A huge heart, covered in flowers stood behind the
casket during the service as all the doctors from the hospital sat in
awe. Following the eulogy, the heart opened, and the casket rolled
inside. The heart then closed, sealing the doctor in the beautiful
heart forever.

At that point, one of the mourners just burst into

laughter. When all eyes stared at him, he said, 'I'm so sorry. I was
just thinking of my own funeral....... I'm a Gynaecologist!'
 

Jaws

Corporal CockUp
Staff member
Moderator
Club Sponsor
There has been a spate of burglaries around here. The Police knew it was a guy called Cal but couldn’t catch him.

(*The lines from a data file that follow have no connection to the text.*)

//! Arrays of a few ordinary numbers, which are reported at once.

ghost use Rattle.std.specs.Prelude.{◌≤◌};
ghost use Rattle.std.specs.Option.{option_map_or};

use gj_number::Short;

/// An ordinary number, and the place of its first byte.
#[derive(Clone, Copy)]
pub struct Numbered {
    pub value: Short,
    /// How many bytes of the text come before it.
    pub place: u64,
}

/// An array of two or three ordinary numbers, with the places of its brackets and of its numbers, as bytes from the start
/// of the text. No number stands before the bracket.
#[derive(Clone, Copy)]
pub struct Flat {
    pub first: Numbered,
    pub second: Numbered,
    pub third: Option<Numbered>,
    /// The place of `[`.
    pub place: u64,
    /// The place of `]`.
    pub close: u64,
    ghost first_on: { place ≤ first.place },
    ghost second_on: { place ≤ second.place },
    ghost third_on: { place ≤ option_map_or (λ number. number.place) third place },
}

impl Numbered {
    /// A number to read one into.
    pub(crate) fn blank() -> Numbered {
        Numbered {
            value: Short::zero(),
            place: 0,
        }
    }
}

impl Flat {
    /// An array to read one into.
    pub(crate) fn blank() -> Flat {
        Flat {
            first: Numbered::blank(),
            second: Numbered::blank(),
            third: None,
            place: 0,
            close: 0,
        }
    }
}
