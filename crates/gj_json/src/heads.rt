//! The beginnings of features and geometries as most writers put them, each recognized by a comparison of words.

ghost use Rattle.std.specs.Prelude.{◌≡◌, ◌+◌, ◌<◌, ◌≤◌, length, take, IsTrue};
ghost use Rattle.std.specs.List.{AllByRecursion};
ghost use Rattle.gj_json.specs.Bytes.{IsWhite};
ghost use Rattle.gj_json.specs.Internal.FlatParts.{cut};
ghost use Rattle.gj_json.specs.Internal.WholeHeads.{spaces, BeginsTyped, IsTyped, IsFollowing, IsFound, OpensProperties};
ghost use Rattle.gj_json.specs.declared.heads.TheConstants.{ROOM, TYPED_ROOM};

use crate::lanes::{begins, is_white};
use crate::names::Word;
use crate::usual::usual_text;

/// A shorter piece is not looked at: it may have no room for each of them.
const ROOM: usize = 52;

/// As above, for the beginning of an object.
const TYPED_ROOM: usize = 26;

/// The beginning of an object by its type: how many bytes it has, or 0 where there is none, and where the name and the type stand.
#[derive(Clone, Copy)]
pub struct UsualTyped {
    pub count: usize,
    pub name_at: usize,
    pub word_at: usize,
    pub word: Word,
}

/// The end of an element and the beginning of the next, of which there is none where it has no bytes: where the bracket stands that
/// ends the element, and the one that begins the next.
#[derive(Clone, Copy)]
pub struct UsualNext {
    pub close: usize,
    pub at: usize,
    pub typed: UsualTyped,
}

/// The beginning of a member `geometry`: how many bytes it has up to its coordinates, or 0 where there is none, and where
/// the bracket, the name `type`, the type and the name `coordinates` stand.
#[derive(Clone, Copy)]
pub struct UsualLocated {
    pub count: usize,
    pub bracket: usize,
    pub name_at: usize,
    pub word_at: usize,
    pub word: Word,
    pub coordinates: usize,
}

const NOT_TYPED: UsualTyped = UsualTyped {
    count: 0,
    name_at: 0,
    word_at: 0,
    word: Word::Other,
};

const NO_NEXT: UsualNext = UsualNext {
    close: 0,
    at: 0,
    typed: NOT_TYPED,
};

const NOT_LOCATED: UsualLocated = UsualLocated {
    count: 0,
    bracket: 0,
    name_at: 0,
    word_at: 0,
    word: Word::Other,
    coordinates: 0,
};

/// Whether so many spaces stand at an index: one, or none.
#[inline(always)]
pub fn has_spaces(piece: &[u8], at: usize, count: usize) -> bool
    requires within { at < length piece.now }
    requires few { count ≤ 1 }
    ensures { IsTrue result → cut piece.now at (at + count) ≡ spaces count }
{
    count == 0 || piece[at] == b' '
}

/// The beginning of an object by its type, with so many spaces after the bracket, and so many after the colon and the comma.
#[inline(always)]
fn typed_with(piece: &[u8], inside: usize, gap: usize) -> UsualTyped
    requires room { TYPED_ROOM ≤ length piece.now }
    requires few_inside { inside ≤ 1 }
    requires few { gap ≤ 1 }
    ensures short { result.count ≤ 24 }
    ensures on { 0 < result.count → result.name_at < result.word_at }
    ensures few { result.word_at ≤ result.count }
    ensures typed { 0 < result.count
        → BeginsTyped 0 result.name_at result.word_at result.word (spaces inside) (spaces gap) (take result.count piece.now) }
    ensures usual { 0 < result.count → IsTyped piece.now result.count result.name_at result.word_at result.word }
{
    let name_at = 1 + inside;
    let after_colon = name_at + 7;
    let word_at = after_colon + gap;
    if piece[0] != b'{' || !begins(&piece[name_at..], b"\"type\":         ", 7) {
        return NOT_TYPED;
    }
    let text = usual_text(&piece[word_at..]);
    let comma = word_at + text.count;
    if text.count == 0 || piece[comma] != b',' {
        return NOT_TYPED;
    }
    if !has_spaces(piece, 1, inside) || !has_spaces(piece, after_colon, gap) {
        return NOT_TYPED;
    }
    if !has_spaces(piece, comma + 1, gap) {
        return NOT_TYPED;
    }
    UsualTyped {
        count: comma + 1 + gap,
        name_at,
        word_at,
        word: text.word,
    }
}

/// The beginning of an object by its type: with no spaces, or with one after the colon and the comma, and after the bracket one or none.
#[inline(always)]
pub fn usual_typed(piece: &[u8]) -> UsualTyped
    ensures within { result.count ≤ length piece.now }
    ensures on { 0 < result.count → result.name_at < result.word_at }
    ensures few { result.word_at ≤ result.count }
    ensures usual { 0 < result.count → IsTyped piece.now result.count result.name_at result.word_at result.word }
{
    if piece.len() < TYPED_ROOM {
        return NOT_TYPED;
    }
    if piece[1] == b' ' {
        return typed_with(piece, 1, 1);
    }
    if piece[8] == b' ' {
        return typed_with(piece, 0, 1);
    }
    typed_with(piece, 0, 0)
}

/// Where the white space at an index of a piece ends, of which one byte is passed at the most.
#[inline(always)]
pub fn gap_end(piece: &[u8], at: usize) -> usize
    requires { at ≤ length piece.now }
    ensures on { at ≤ result }
    ensures few { result ≤ at + 1 }
    ensures within { result ≤ length piece.now }
    ensures white { AllByRecursion IsWhite (cut piece.now at result) }
{
    if at < piece.len() && is_white(piece[at]) {
        return at + 1;
    }
    at
}

/// The end of the element that the piece starts with, and the beginning of the next feature, with a byte of white space before that
/// end and after the comma, or none.
#[inline(always)]
pub fn following_typed(piece: &[u8]) -> UsualNext
    ensures within { 0 < result.typed.count → result.at + result.typed.count ≤ length piece.now }
    ensures on { 0 < result.typed.count → result.typed.name_at < result.typed.word_at }
    ensures few { result.typed.word_at ≤ result.typed.count }
    ensures follows { 0 < result.typed.count → IsFollowing piece.now result }
{
    if piece.len() < ROOM {
        return NO_NEXT;
    }
    let close = gap_end(piece, 0);
    if piece[close] != b'}' || piece[close + 1] != b',' {
        return NO_NEXT;
    }
    let at = gap_end(piece, close + 2);
    UsualNext {
        close,
        at,
        typed: usual_typed(&piece[at..]),
    }
}

/// The beginning of a member `geometry`, with so many spaces before its bracket, after it, and after the colons and the comma in it.
#[inline(always)]
fn located_with(piece: &[u8], before: usize, inside: usize, gap: usize) -> UsualLocated
    requires room { ROOM ≤ length piece.now }
    requires few_before { before ≤ 1 }
    requires few_inside { inside ≤ 1 }
    requires few { gap ≤ 1 }
    ensures { 0 < result.count → IsFound piece.now result }
{
    let bracket = 11 + before;
    if !begins(piece, b"\"geometry\":     ", 11) || !has_spaces(piece, 11, before) {
        return NOT_LOCATED;
    }
    let typed = typed_with(&piece[bracket..], inside, gap);
    let coordinates = bracket + typed.count;
    if typed.count == 0 || !begins(&piece[coordinates..], b"\"coordinates\":  ", 14) {
        return NOT_LOCATED;
    }
    if !has_spaces(piece, coordinates + 14, gap) {
        return NOT_LOCATED;
    }
    UsualLocated {
        count: coordinates + 14 + gap,
        bracket,
        name_at: bracket + typed.name_at,
        word_at: bracket + typed.word_at,
        word: typed.word,
        coordinates,
    }
}

/// The beginning of a member `geometry`: with no spaces, with one after each colon and comma, and after the bracket one or none, or with
/// one before the bracket alone.
#[inline(always)]
pub fn usual_located(piece: &[u8]) -> UsualLocated
    ensures { 0 < result.count → IsFound piece.now result }
{
    if piece.len() < ROOM {
        return NOT_LOCATED;
    }
    if piece[11] == b'{' {
        return located_with(piece, 0, 0, 0);
    }
    if piece[13] == b' ' {
        return located_with(piece, 1, 1, 1);
    }
    if piece[20] == b' ' {
        return located_with(piece, 1, 0, 1);
    }
    located_with(piece, 1, 0, 0)
}

/// The beginning of a member `properties` that is an object, with a space after its colon or none: how many bytes, or 0.
#[inline(always)]
pub fn properties_run(piece: &[u8]) -> usize
    ensures within { result ≤ length piece.now }
    ensures opens { 0 < result → OpensProperties (take result piece.now) }
{
    if piece.len() < ROOM {
        return 0;
    }
    if begins(piece, b"\"properties\":{  ", 14) {
        return 14;
    }
    if begins(piece, b"\"properties\": { ", 15) {
        return 15;
    }
    0
}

The weird thing is he broke into people’s homes just it seems to ruin their washing machines by putting a brick in them and switching them on. All a bit strange.

Anyway, he’s been found dead in an alleyway due to a drugs overdose.

its never nice hearing of people’s death but looking on the bright side washing machines live longer with Cal gone
 

T.C

Been there, and had one
Club Sponsor
The wife was in the kitchen the other morning cooking me bacon & eggs when I suddenly heard a loud thud.

Running in I found her collapsed on the floor & not breathing.

I had no idea what to do. Then I remembered, Wetherspoons do an all-day breakfast for just £3.99.
 

T.C

Been there, and had one
Club Sponsor
“Give it to me now!” She yelled “I’m so wet!”

She can scream all she wants, she’s not getting my fucking umbrella.